- Born: Franz Leopold Neumann 23 May 1900 Katowice, Silesia, German Empire
- Died: 2 September 1954 (aged 54) Visp, Switzerland
- Spouse: Inge Werner
- Children: Osha Neumann; Michael Neumann;

Academic background
- Alma mater: London School of Economics
- Thesis: The Governance of the Rule of Law (1936)
- Doctoral advisor: Harold Laski; Karl Mannheim;
- Influences: Otto Bauer; Karl Renner; Hugo Sinzheimer;

Academic work
- Discipline: Law; political science;
- School or tradition: Frankfurt School; Western Marxism;
- Institutions: Institute for Social Research; Columbia University;
- Doctoral students: Raul Hilberg; Jeane Kirkpatrick;
- Notable works: Behemoth (1942)
- Influenced: Richard Löwenthal; C. Wright Mills; Adam Tooze;

= Franz Neumann (political scientist) =

German Marxist activist, political scientist, and lawyer (1900–1954)

Franz Leopold Neumann (23 May 1900 – 2 September 1954) was a German political activist, Western Marxist theorist, and labor lawyer who became a political scientist in exile and is best known for his theoretical analyses of Nazism. He studied in Germany and the United Kingdom, and spent the last phase of his career in the United States, where he worked for the Office of Strategic Services from 1943 to 1945 writing the Secret Reports on Nazi Germany. During the Second World War, Neumann spied for the Soviet Union under the code-name "Ruff". Together with Ernst Fraenkel and Arnold Bergstraesser, Neumann is considered to be among the founders of modern political science in Germany.

== Early life ==
Neumann was born in to a Jewish family on May 23, 1900, in Kattowitz (Katowice), Silesia, German Empire (present-day Poland). As a student, Neumann supported the German revolution of 1918–1919 and joined the Social Democratic Party of Germany (SPD). Neumann was instrumental in organizing the Socialist Students Society in Frankfurt am Main, where in 1918 he met Leo Löwenthal, a future colleague in the Institute for Social Research in New York under Max Horkheimer.

At Breslau (the present-day Wrocław in Poland), Leipzig, Rostock, and Frankfurt am Main, Neumann studied law and earned a doctorate in 1923 with a thesis on method in the theory of punishment. His main aim was to explain the socialist acceptance of liberal individualism in this sphere. In the academic exercise that earned his degree, he did not attempt the sociological study he saw as necessary but addressed preliminary philosophical issues in the neo-Kantian debates of the day; however, his treatment of value philosophy led him to the conclusion that the liberal and socialist arguments were equally valid, and that the socialist deviations from consistency in the matter of punishment was politically justifiable and subject only to political management. This foretold his lifelong reliance on negotiated settlements even if they involved exceptions from theoretical consistency. The goal was to ensure that the effects of such deviations are not cumulative, as he came to conclude about the socialist movement's compromises in the Weimar Republic.

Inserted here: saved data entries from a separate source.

// Calls and faults by the numbers that cross.
#![tactic(auto)]

ghost use Rattle.std.specs.Prelude.{◌≡◌};
ghost use Rattle.boundary.specs.Crossing.{request_numbered, call_numbered, step_numbered, unknown_call, fault_numbered};
ghost use Rattle.session.specs.State as S;
ghost use Rattle.boundary_calls.specs.Numbered.{asked};

use format_flags::{FileMode, SyncFlags};
use request::Request;
use session::{Fault, Misuse, Session, Stepped, Version};
use session_calls::{check_call, next_entry, recv_next, start};

// The request that a call's number stands for, with its mode or time and its flags.
fn request(call: u32, a: u32, b: u32) -> Option<Request>
    ensures { asked result ≡ request_numbered call a b }
{
    match call {
        1 => Some(Request::Stat),
        2 => Some(Request::Sta2),
        3 => Some(Request::List),
        4 => Some(Request::Lis2),
        5 => Some(Request::Recv),
        6 => Some(Request::Rcv2(SyncFlags(b))),
        7 => Some(Request::Send(FileMode(a))),
        8 => Some(Request::Snd2(FileMode(a), SyncFlags(b))),
        9 => Some(Request::Data),
        10 => Some(Request::Done(a)),
        11 => Some(Request::Quit),
        _ => None,
    }
}

// What came to a fault: 0 the channel is closed, any other an error with its code.
pub fn fault_of(kind: u32, code: u32) -> Fault
    ensures { result ≡ fault_numbered kind code }
{
    match kind {
        0 => Fault::Closed,
        _ => Fault::Error(code),
    }
}

// A listing step, the next chunk, or no call at all: 5, after 3, 6 and 4.
fn step(s: Session, rx: &mut [u8], msg: &mut [u8], call: u32, lent: &[u8]) -> Stepped
    ensures { S.out result rx.new msg.new ≡ step_numbered call (S.st s rx.old msg.old) lent.now (unknown_call (S.st s rx.old msg.old)) }
{
    match call {
        12 => next_entry(s, rx, msg, Version::V1, lent.len()),
        13 => next_entry(s, rx, msg, Version::V2, lent.len()),
        14 => recv_next(s, rx, msg, lent.len()),
        _ => {
            if let Err(misuse) = check_call(s, rx.len(), msg.len()) {
                return s.misused(misuse);
            }
            s.misused(Misuse::NothingPending)
        }
    }
}

// Starts the call that a number stands for.
pub fn begin(
    s: Session,
    rx: &mut [u8],
    msg: &mut [u8],
    call: u32,
    a: u32,
    b: u32,
    lent: &[u8],
) -> Stepped
    ensures { S.out result rx.new msg.new ≡ call_numbered call a b (S.st s rx.old msg.old) lent.now (request_numbered call a b) (unknown_call (S.st s rx.old msg.old)) }
{
    match request(call, a, b) {
        Some(q) => start(s, rx, msg, q, lent),
        None => step(s, rx, msg, call, lent),
    }
}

== Labor law and social democracy ==
Neumann was active from 1925 to 1927 as law clerk and assistant of Hugo Sinzheimer, the foremost reformist labor law theorist, who also engaged him as a teacher at the trade union academy affiliated with the University of Frankfurt. Throughout the Weimar years, Neumann's political commitment was to the labor wing of the Social Democratic Party. From 1928 to 1933, he worked in Berlin in partnership with Ernst Fraenkel as an attorney specializing in labor law, representing unions and publishing briefs and articles, and a technical book in this innovative field. In 1932–1933, he became lead attorney for the SPD and published a brief, itself suppressed by the Nazis, against the suppression of the principal Social Democratic newspaper.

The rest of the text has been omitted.